Tested on i686, x86_64, powerpc64le, and aarch64.
* posix/execvpe.c (__execvpe): Remove dynamic allocation.
* posix/Makefile (tests): Add tst-execvpe{1,2,3,4,5,6}.
* posix/tst-execvp1.c (do_test): Use a macro to call execvp.
* posix/tst-execvp2.c (do_test): Likewise.
* posix/tst-execvp3.c (do_test): Likewise.
* posix/tst-execvp4.c (do_test): Likewise.
* posix/tst-execvpe1.c: New file.
* posix/tst-execvpe2.c: Likewise.
* posix/tst-execvpe3.c: Likewise.
* posix/tst-execvpe4.c: Likewise.
* posix/tst-execvpe5.c: Likewise.
* posix/tst-execvpe6.c: Likewise.
---
posix/Makefile | 3 +
posix/execvpe.c | 238 +++++++++++++++++++++------------------------------
posix/tst-execvp1.c | 6 +-
posix/tst-execvp2.c | 5 +-
posix/tst-execvp3.c | 5 +-
posix/tst-execvp4.c | 6 +-
posix/tst-execvpe1.c | 20 +++++
posix/tst-execvpe2.c | 20 +++++
posix/tst-execvpe3.c | 20 +++++
posix/tst-execvpe4.c | 20 +++++
posix/tst-execvpe5.c | 157 +++++++++++++++++++++++++++++++++
posix/tst-execvpe6.c | 82 ++++++++++++++++++
13 files changed, 449 insertions(+), 146 deletions(-)

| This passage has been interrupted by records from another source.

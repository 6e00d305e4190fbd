//! All pseudo-nonlinear branches of a run.

ghost use Rattle.std.specs.Prelude.{◌≡◌, ◌+◌, ◌<◌, ◌≤◌, [], IfOk, IsTrue, length};
ghost use Rattle.emtp_case.specs.Branch.{points_of};
ghost use Rattle.emtp_case.specs.StepRecord.{latest};
ghost use Rattle.emtp_case.specs.declared.limit.TheConstants.{MOST_STEPS};
ghost use Rattle.emtp_worth.specs.Found.{reading};
ghost use Rattle.emtp_worth.specs.Judged.{all_judged, more};
ghost use Rattle.emtp_worth.specs.held.Run.{IsJudged, before};

use crate::characteristic::due;
use crate::found::{Found, Reading};
use crate::run::Run;
use emtp_case::{Branch, Case, Point, Pseudo, PseudoState};
use std::alloc::{AllocError, Global};

/// A pseudo-nonlinear branch, and what is found of it.
#[derive(Clone, Copy)]
pub struct Judged {
    /// Its place among the branches.
    pub branch: usize,
    /// What the case says of it.
    pub card: Pseudo,
    /// What the records say of it.
    pub found: Found,
}

/// The points of a branch.
fn points<'a>(case: &'a Case, card: &Pseudo) -> &'a [Point]
    requires { card.now.first + card.now.count ≤ length case.now.parts.points }
    ensures value { result.now ≡ points_of case.now.parts.points card.now.first card.now.count }
    ensures count { length result.now ≡ card.now.count }
{
    let first = card.first as usize;
    &case.parts.points.as_slice()[first..first + card.count as usize]
}

/// A branch in a step, at a voltage and in a state, where its characteristic has `due`.
fn reading(reactor: bool, step: u32, voltage: i64, state: PseudoState, due: i128) -> Reading
    ensures { result ≡ reading reactor step voltage state due }
{
    Reading {
        step,
        voltage,
        current: state.current,
        value: if reactor { state.flux } else { voltage },
        due,
        shown: if reactor { state.current } else { voltage },
    }
}

/// A branch with the last record of a run more.
fn look<R: Run>(case: &Case, run: &R, step: u32, j: Judged) -> Judged
    requires same { R.case run.now ≡ case.now.parts }
    requires live { IsTrue (R.live run.now) }
    requires judged { IsJudged case.now.parts step j }
    requires few { step ≤ MOST_STEPS }
    ensures { result ≡ more case.now.parts step (latest (R.records run.now)) j }
{
    let points = points(case, &j.card);
    let voltage = run.voltage(j.card.from) - run.voltage(j.card.to);
    let state = run.pseudo(j.branch);
    let due = due(points, state.current);
    let reading = reading(j.card.reactor, step, voltage, state, due);
    Judged {
        found: j.found.with(points, case.parts.run.every, reading),
        ..j
    }
}

/// All branches with the last record of a run more.
pub fn look_all<R: Run>(case: &Case, run: &R, judged: &mut [Judged])
    requires same { R.case run.now ≡ case.now.parts }
    requires live { IsTrue (R.live run.now) }
    requires judged { judged.old ≡ all_judged case.now.parts (before (R.records run.now)) }
    ensures { judged.new ≡ all_judged case.now.parts (R.records run.now) }
{
    let step = run.done();
    for at in 0..judged.len() {
        judged[at] = look(case, run, step, judged[at]);
    }
}

/// The pseudo-nonlinear branches of a case, of which no record says anything yet.
pub fn listed(alloc: Global, case: &Case) -> Result<Vec<Judged>, AllocError>
    ensures { IfOk result (λ v. v.items ≡ all_judged case.now.parts []) }
{
    let branches = case.parts.branches.as_slice();
    let mut judged = Vec::new(alloc);
    for at in 0..branches.len() {
        if let Branch::Pseudo(card) = branches[at] {
            judged.push(Judged {
                branch: at,
                card,
                found: Found::nothing(),
            })?;
        }
    }
    Ok(judged)
}

/// Makes the steps of a run, and says what its records say of the pseudo-nonlinear branches of its case.
///
/// # Errors
///
/// [`AllocError`] where memory is wanting for the list of the branches.
pub fn judge<R: Run>(alloc: Global, case: &Case, run: &mut R) -> Result<Vec<Judged>, AllocError>
    requires same { R.case run.old ≡ case.now.parts }
    requires live { IsTrue (R.live run.old) }
    requires rest { length (R.records run.old) ≡ 1 }
    ensures case { R.case run.new ≡ R.case run.old }
    ensures judged { IfOk result (λ v. v.items ≡ all_judged case.now.parts (R.whole run.old)) }
{
    let mut judged = listed(alloc, case)?;
    look_all(case, run, &mut judged);
    'steps: while run.advance() {
        look_all(case, run, &mut judged);
    }
    Ok(judged)
}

create mode 100644 posix/tst-execvpe1.c
create mode 100644 posix/tst-execvpe2.c
create mode 100644 posix/tst-execvpe3.c
create mode 100644 posix/tst-execvpe4.c
create mode 100644 posix/tst-execvpe5.c
create mode 100644 posix/tst-execvpe6.c
diff --git a/posix/Makefile b/posix/Makefile
index 55f4f31..a2aabcc 100644
--- a/posix/Makefile
+++ b/posix/Makefile
@@ -82,6 +82,8 @@ tests := tstgetopt testfnm runtests runptests \
tst-execv1 tst-execv2 tst-execl1 tst-execl2 \
tst-execve1 tst-execve2 tst-execle1 tst-execle2 \
tst-execvp3 tst-execvp4 tst-rfc3484 tst-rfc3484-2 \
+ tst-execvpe1 tst-execvpe2 tst-execvpe3 tst-execvpe4 \
+ tst-execvpe5 tst-execvpe6 \
tst-rfc3484-3 \
tst-getaddrinfo3 tst-fnmatch2 tst-cpucount tst-cpuset \
bug-getopt1 bug-getopt2 bug-getopt3 bug-getopt4 \
@@ -229,6 +231,7 @@ tstgetopt-ARGS = -a -b -cfoobar --required foobar --optional=bazbug \
tst-exec-ARGS = -- $(host-test-program-cmd)
tst-exec-static-ARGS = $(tst-exec-ARGS)
+tst-execvpe5-ARGS = -- $(host-test-program-cmd)
tst-spawn-ARGS = -- $(host-test-program-cmd)
tst-spawn-static-ARGS = $(tst-spawn-ARGS)
tst-dir-ARGS = `pwd` `cd $(common-objdir)/$(subdir); pwd` `cd $(common-objdir); pwd` $(objpfx)tst-dir
diff --git a/posix/execvpe.c b/posix/execvpe.c
index 61697a7..b8bb563 100644
--- a/posix/execvpe.c
+++ b/posix/execvpe.c
@@ -15,7 +15,6 @@
License along with the GNU C Library; if not, see
<http://www.gnu.org/licenses/>. */
-#include <alloca.h>
#include <unistd.h>
#include <stdarg.h>
#include <stdbool.h>
@@ -23,15 +22,28 @@
#include <string.h>
#include <errno.h>
#include <paths.h>
+#include <confstr.h>
+#include <sys/param.h>
+#ifndef PATH_MAX
+# ifdef MAXPATHLEN
+# define PATH_MAX MAXPATHLEN
+# else
+# define PATH_MAX 1024
+# endif
+#endif
/* The file is accessible but it is not an executable file. Invoke
the shell to interpret it as a script. */
static void
-internal_function
-scripts_argv (const char *file, char *const argv[], int argc, char **new_argv)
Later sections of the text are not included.